3.1 Tempat Dan Waktu Penelitian

Penelitian ini dilaksanakan di Laboratorium Saraswanti Indo Genetech, Bogor dan Laboratorium Farmasi UIN Syarif Hidayatullah Jakarta.Waktu pelaksanaan dari bulan September 2012 hingga November 2012.

3.2 Alat Dan Bahan

3.2.1. Alat

Alat yang digunakan dalam penelitian ini adalah 1 set perangkat High Performance Liquid Chromatography Waters, lemari pendingin refrigerator, oven, neraca analitik, alat homogenizer, hote plat, labu ukur, erlenmeyer, kaca arloji , tabung reaksi bertutup, mikro pipet beserta tip nya, spatula, gelas ukur, beaker glass, vortex, inkubator, pipet tetes, pinset, syringe filter, termometer, membran filter 0,45 µm ,vial, cawan porselen, batang pengaduk. .

3.2.2. Bahan

Bahan-bahan yang digunakan dalam penelitian ini adalah: standar asam amino yaitu: asam L- aspartat, L- serin, asam L- glutamat, glisin, L- histidin, L- arginin, L- treonin, L-alanin, L- prolin, L- sistein, L- tirosin, L- valin, L- metionin, L- lisin, L- isoleusin, L- leusin, L- fenilalanin, triptofan, standar gelatin sapi sigma aldrich, standar gelatin babi sigma aldrich, internal standar AABA alpha amino butiric acid, Accq-fluor borat, reagen fluor A, HCl, asetonitril grade HPLC, Sampel marshmallow, pati jagung, sukrosa, glukosa, dan pewarna makanan, aquabidest.

3.3 PROSEDUR KERJA

3.3.1. Pengumpulan produk marshmallow uji coba

Sampel yang digunakan terdiri dari 2 sampel produk marshmallow uji coba

3.3.2. Pembuatan marshmallow dari gelatin babi dan gelatin sapi

Ditimbang masing masing sebanyak 3.5 gram gelatin sapi dan gelatin babi.
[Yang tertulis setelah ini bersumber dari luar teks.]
//! Indices of lists and texts: `N`, `end`, `end-N`.
ghost use Rattle.std.specs.Prelude.{◌≡◌, length, min, pos, ◌+ℤ◌};
ghost use Rattle.tks_text.specs.Text.{IsText};
ghost use Rattle.tks_tcl.specs.Cause.{about};
ghost use Rattle.tks_tcl.specs.Index.{number_in, number_behind_end, index_in, place, before, range};
ghost use Rattle.tks_tcl.specs.Meets.{TellsSo, GivesSo};
ghost use Rattle.tks_tcl.specs.View.{index_of};

use crate::interrupt::{Interrupt, error, error_about};
use std::alloc::Global;
use tks_text::{ErrorNumber, Txt, integer_of, is_space};

/// A place in a list or a text.
#[derive(Clone, Copy)]
pub enum Index {
    /// Counted from the first member, 0.
    Start(i64),
    /// Counted back from the last member, 0.
    End(i64),
}

// The error of a text that is no index.
fn bad_index(text: &Txt) -> Interrupt
    ensures { TellsSo (about ErrorNumber.BadIndex text.now) result }
{
    error_about(ErrorNumber::BadIndex, text)
}

// The number in the text of an index.
#[tactic(auto, using(crate::proofs::Causes::tells))]
fn number_in(text: &Txt, numeral: &Txt) -> Result<i64, Interrupt>
    ensures { GivesSo (λ z. z) result (number_in text.now numeral.now) }
{
    match integer_of(numeral) {
        Ok(Some(number)) => Ok(number),
        Ok(None) => Err(bad_index(text)),
        Err(_) => Err(error(ErrorNumber::OutOfRange)),
    }
}

// The number behind `end-`.
#[tactic(auto, using(crate::proofs::Causes::tells))]
fn number_behind_end(alloc: Global, text: &Txt, behind: &[u8]) -> Result<i64, Interrupt>
    requires { IsText behind.now }
    ensures { GivesSo (λ z. z) result (number_behind_end text.now behind.now) }
{
    match behind {
        [] => Err(bad_index(text)),
        [c, ..] => {
            if is_space(*c) {
                return Err(bad_index(text));
            }
            let numeral = Txt::from_text(alloc, behind)?;
            let number = number_in(text, &numeral)?;
            Ok(number)
        }
    }
}

/// The index that a text spells: an integer, `end`, or `end-` and an integer.
#[tactic(auto, using(tks_text::proofs::Texts::text_drop))]
pub fn index_in(alloc: Global, text: &Txt) -> Result<Index, Interrupt>
    ensures { GivesSo index_of result (index_in text.now) }
{
    let bytes = text.as_bytes();
    if bytes == b"end".as_slice() {
        return Ok(Index::End(0));
    }
    if let Some(behind) = bytes.strip_prefix(b"end-".as_slice()) {
        let number = number_behind_end(alloc, text, behind)?;
        return Ok(Index::End(number));
    }
    let number = number_in(text, text)?;
    Ok(Index::Start(number))
}

impl Index {
    // The place, counted from 0, among so many members.
    fn place(self, len: usize) -> i128
        ensures { result ≡ place (index_of self) len }
    {
        match self {
            Index::Start(number) => i128::from(number),
            Index::End(number) => len as i128 - 1 - i128::from(number),
        }
    }
}

// How many members stand before a place, of so many.
fn before(place: i128, len: usize) -> usize
    ensures { result ≡ min (before place) len }
{
    if place < 0 {
        0
    } else if place >= len as i128 {
        len
    } else {
        place as usize
    }
}

/// How many members stand before those from one index to another, and how many up to their end, of so many.
pub fn bounds(len: usize, first: Index, last: Index) -> (usize, usize)
    ensures front { result.0 ≡ min (before (place (index_of first) len)) result.1 }
    ensures behind { result.1 ≡ min (before (place (index_of last) len +ℤ pos 1)) len }
{
    let behind = before(last.place(len) + 1, len);
    (before(first.place(len), behind), behind)
}

/// The members from one index to another, of those that are there.
pub fn range<T>(items: &[T], first: Index, last: Index) -> &[T]
    ensures { result.now ≡ range (index_of first) (index_of last) items.now }
{
    let (front, behind) = bounds(items.len(), first, last);
    items.split_at(behind).0.split_at(front).1
}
Gelatin dibasahi dengan 15 ml air dan diaduk diatas penangas listrik. Ditempat yang terpisah sukrosa sebanyak 5 gr, glukosa sebanyak 2 gr dan amilum sebanyak 0,25 gr dibasahi dengan 10 ml air dan diaduk diatas penangas ±7 menit. Kemudian pindahkan kedua adonan ke dalam alat homogenizer lalu dilakukan pengadukan dengan homogenizer hingga merata dan mengembang selama 15 menit. Lalu dilakukan penambahan flavour dan setelah itu dilakukan penuangan ke dalam wadah dan didiamkan selama 5 jam dalam refrigerator sampai menjadi marshmallow.

3.3.3. Ekstraksi asam amino dari produk marshmallow dengan hidrolisis

menggunakan HCl 6N pada suhu 110 C selama 22 jam Sebanyak 0,1 gram sampel marshmallow dihidrolisis dengan menggunakan larutan HCl 6 N sebanyak 5 ml, vortex. Lalu dialiri Nitrogen dan di oven pada suhu 110 C selama 22 jam. Setelah dihidrolisis, campuran didinginkan pada suhu ruang. Pindahkan isi tabung reaksi bertutup ke dalam labu ukur 50 ml, tambahkan aquabides sampai tanda batas. Saring dengan filter 0,45µm. Pipet 500 µl filtrat lalu tambahkan 40 µl AABA alpha aminobutyric acid dan 460 µl aquabides. Pipet 10 µl larutan, tambahkan 70 µl AccQ Fluor borate, vortex. Tambahkan 20 µl reagen fluor A, vortex, diamkan selama 1 menit. Inkubasi selama 10 menit pada suhu 55 C, lalu suntikkan pada HPLC. Dengan kondisi kromatografi menggunakan kolom C18, temperatur 37 C, fase gerak asetonitril 60 dan 40 air , detektor fluoresen, laju alir 1 ml menit dan volume penyuntikan 5µl.